I am writing a program that will load in a timeseries excel file into a dataframe, then I create several new columns using some basic calculations. My program is going to sometimes read in excel files that are missing months for some records. So in example below I have monthly sales data for two different stores. The stores open during different months, so their first month-end date will differ. But both should have month end data up until 9/30/2020. In my file, Store BBB has no records for 8/31/2020 and 9/30/2020 because there were no Sales during those months.
Store | Month Opened | State | City | Month End Date | Sales |
---|---|---|---|---|---|
AAA | 5/31/2020 | NY | New York | 5/31/2020 | 1000 |
AAA | 5/31/2020 | NY | New York | 6/30/2020 | 5000 |
AAA | 5/31/2020 | NY | New York | 7/30/2020 | 3000 |
AAA | 5/31/2020 | NY | New York | 8/31/2020 | 4000 |
AAA | 5/31/2020 | NY | New York | 9/30/2020 | 2000 |
BBB | 6/30/2020 | CT | Hartford | 6/30/2020 | 100 |
BBB | 6/30/2020 | CT | Hartford | 7/30/2020 | 200 |
So for any instances like this, I want to be able to add two rows for Store BBB for 8/31 and 9/30. The new rows should use the same Month Opened, State and City from the most recent month-end date. The Sales should be set to 0 for both new rows. As of right now, I do the following steps:
- Create Dataframe "MaxDateData" with the store name and the max Month End Date for each Store and also the max Month End Date for the entire time series data frame, I name this field "Most Recent Date".
Store | Max Month End Date | Most Recent Date |
---|---|---|
AAA | 9/30/2020 | 9/30/2020 |
BBB | 7/30/2020 | 9/30/2020 |
- Create Dataframe "MostRecent" with the most recent row from main time series dataframe. To do this, I do an inner join between the time series dataframe and the MaxDateData on the Store Name and Max Month End Date.
Store | Month Opened | State | City | Month End Date | Sales | Max Month End Date | Most Recent Date |
---|---|---|---|---|---|---|---|
AAA | 5/31/2020 | NY | New York | 9/30/2020 | 2000 | 9/30/2020 | 9/30/2020 |
BBB | 6/30/2020 | CT | Hartford | 7/30/2020 | 200 | 7/30/2020 | 9/30/2020 |
- Create a dataframe "RequireBackfill_MostRecent" using a where clause to filter for stores where Max Month End Date < Most Recent Date. See code below.
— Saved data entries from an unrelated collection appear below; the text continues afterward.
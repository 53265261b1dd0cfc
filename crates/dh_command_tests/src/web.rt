//! Runs of the command over texts that a server on loopback has.

use dh_command::Status;
use dh_desks::{Folder, Folders, make_desks};
use dh_ports::{Desk, MemFeed, MemSink, OpenGate, Silent};
use dh_syntax::{Bytes, Many};
use dh_top::run_dhall;
use std::alloc::{AllocError, Global};
use std::io::{Read, Write};
use std::net::TcpListener;
use std::sync::Wait;
use std::test::Fail;
use std::thread::Threads;
use std::{io, thread};

const NO_FOLDERS: Folders = Folders {
    home: Folder::Unset,
    cache: Folder::Unset,
};

/// What `normalize` writes of an input by 8 workers, to standard output and then to standard error, and its status.
fn normalized<R: Threads + Wait + Sync, D: Desk<Silent> + Send + Drop>(
    rt: &R,
    alloc: Global,
    desks: &mut Vec<D>,
    input: &str,
) -> Result<(Vec<u8>, Status), AllocError> {
    if desks.is_empty() {
        return Err(AllocError);
    }
    let mut words = Vec::new(alloc);
    for word in ["normalize", "--workers", "8"] {
        words.push(String::from_str(alloc, word)?)?;
    }
    let input = Bytes::of(Vec::from_slice(alloc, input.as_bytes())?);
    let mut input = MemFeed::new(alloc, input, Many::new(alloc));
    let mut out = MemSink::new(alloc, Many::new(alloc));
    let mut err = MemSink::new(alloc, Many::new(alloc));
    let words = words.as_slice();
    let status = run_dhall::<R, Silent, D, MemFeed, MemSink, MemSink, OpenGate>(
        rt, alloc, words, desks, &mut input, &mut out, &mut err, &OpenGate,
    );
    let mut written = Vec::from_slice(alloc, out.written_bytes())?;
    written.extend_from_slice(err.written_bytes())?;
    Ok((written, status))
}

/// Whether `normalize` writes this of an input and ends with this status.
fn gives<R: Threads + Wait + Sync, D: Desk<Silent> + Send + Drop>(
    rt: &R,
    alloc: Global,
    desks: &mut Vec<D>,
    input: &str,
    wanted: (&str, Status),
) -> bool {
    let (line, status) = wanted;
    match normalized(rt, alloc, desks, input) {
        Ok((written, end)) => written.as_slice() == line.as_bytes() && end == status,
        Err(_) => false,
    }
}

/// How a request begins, more of the head of the reply to it, and the text.
type Page<'a> = (&'a str, &'a str, &'a str);

/// Answers one request on each of so many connections.
fn serve(listener: &TcpListener, alloc: Global, pages: &[Page], count: usize) -> io::Result<()> {
    for _ in 0..count {
        let (mut stream, _) = listener.accept()?;
        let mut request = [0u8; 512];
        let _ = stream.read(&mut request)?;
        for (asked, more, text) in pages {
            if request.starts_with(asked.as_bytes()) {
                let reply = format!(in alloc; "HTTP/1.1 200 OK\r\n{more}\r\n{text}")?;
                stream.write_all(reply.as_bytes())?;
            }
        }
    }
    Ok(())
}

#[test]
fn texts_of_a_server_are_chained_and_held_to_their_origins(rt: HostRuntime) -> Result<(), Fail> {
    let alloc = rt.alloc();
    let listener = TcpListener::bind(&rt, "127.0.0.1:0")?;
    let port = listener.local_addr()?.port();
    let root = format!(in alloc; "http://localhost:{port}/d/a")?;
    let far = format!(in alloc; "http://127.0.0.1:{port}/b")?;
    let allows = format!(in alloc; "Access-Control-Allow-Origin: http://localhost:{port}\r\n")?;
    let barred = format!(in alloc; "in {root}: may not import env:X\n")?;
    let crossed = format!(in alloc; "in {root}: cross-origin import of {far} refused\n")?;
    let three = ("3\n", Status::Ok);
    let (barred, crossed) = (
        (barred.as_str(), Status::Import),
        (crossed.as_str(), Status::Import),
    );
    let (near, there) = (("GET /d/b ", "", "3"), ("GET /b ", "", "3"));
    let allowing = ("GET /b ", allows.as_str(), "3");
    let rows = [
        ("./b", near, 2, three),
        ("env:X", near, 1, barred),
        (far.as_str(), there, 2, crossed),
        (far.as_str(), allowing, 2, three),
    ];
    for (text, page, count, wanted) in rows {
        let pages = [("GET /d/a ", "", text), page];
        let (served, right) = thread::join(
            &rt,
            || serve(&listener, alloc, &pages, count).is_ok(),
            || {
                let folders = NO_FOLDERS;
                match make_desks(rt, alloc, &folders) {
                    Ok(mut desks) => gives(&rt, alloc, &mut desks, root.as_str(), wanted),
                    Err(_) => false,
                }
            },
        );
        assert!(rt; served, "a text {text}");
        assert!(rt; right, "a text {text}");
    }
    Ok(())
}

/// Answers one request on each of eight connections with the text `3`, and none before all eight are asked, as often as `times` says.
fn serve_eight_at_once(listener: &TcpListener, alloc: Global, times: usize) -> io::Result<()> {
    for _ in 0..times {
        let mut streams = Vec::new(alloc);
        for _ in 0..8 {
            let (mut stream, _) = listener.accept()?;
            let mut request = [0u8; 512];
            let _ = stream.read(&mut request)?;
            streams.push(stream)?;
        }
        for stream in streams.as_mut_slice() {
            stream.write_all(b"HTTP/1.1 200 OK\r\nContent-Length: 1\r\n\r\n3")?;
        }
    }
    Ok(())
}

#[test]
fn eight_workers_ask_a_slow_server_eight_times_at_once(rt: HostRuntime) -> Result<(), Fail> {
    let alloc = rt.alloc();
    let listener = TcpListener::bind(&rt, "127.0.0.1:0")?;
    let port = listener.local_addr()?.port();
    let mut input = String::from_str(alloc, "[")?;
    let mut line = String::from_str(alloc, "[")?;
    for n in 0..64 {
        let comma = if n == 0 { "" } else { "," };
        let item = format!(in alloc; "{comma} http://localhost:{port}/{n}")?;
        input.push_str(item.as_str())?;
        let item = format!(in alloc; "{comma} 3")?;
        line.push_str(item.as_str())?;
    }
    input.push_str(" ]")?;
    line.push_str(" ]\n")?;
    let (served, right) = thread::join(
        &rt,
        || serve_eight_at_once(&listener, alloc, 8).is_ok(),
        || {
            let folders = NO_FOLDERS;
            match make_desks(rt, alloc, &folders) {
                Ok(mut desks) => {
                    let wanted = (line.as_str(), Status::Ok);
                    gives(&rt, alloc, &mut desks, input.as_str(), wanted)
                }
                Err(_) => false,
            }
        },
    );
    assert!(rt; served);
    assert!(rt; right);
    Ok(())
}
So in this example, the RequireBackfill_MostRecent table will only have a row for store BBB.
RequireBackfill_Stores_MostRecent = MaxDateData.where(MaxDateData['Max Month End Date'] <MaxDateData['Most Recent Date'])
RequireBackfill_MostRecent = MostRecent.merge(RequireBackfill_Stores_MostRecent,how='inner')
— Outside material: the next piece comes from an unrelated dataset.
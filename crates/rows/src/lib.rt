// The instruction table: the rows, what stands in the fields of their words, what source bytes mean, and the rows' names.
#![tactic(auto)]

pub mod names;
pub mod table;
- I then use two nested for loops to cycle through dates that I need to fill in. It leverages the RequireBackfill_MostRecent dataframe which would only contain Store BBB.
X=[]
end = MaxDateData['Most Recent Date'][0]
for i in MonthlyData['Month End Date'].unique():
per1 = pd.date_range(start = i, end = end, freq ='M')
for val in per1:
Data=[]
Data = RequireBackfill_MostRecent[["Store"
,"Month Opened"
,"City"
,"State"
]].where(RequireBackfill_MostRecent['Max Month End date']==i).dropna()
Data["Month End Date"]= val
Data["Sales"]= 0
X.append(Data)
NewData = pd.concat(X)
- I then add in the NewData to my timeseries dataframe using concat
FullData_List = [MonthlyData,NewData]
FullData=pd.concat(FullData_List)
This whole process works but is there a much more efficient way to do this? This could become costly when I start to work with larger data.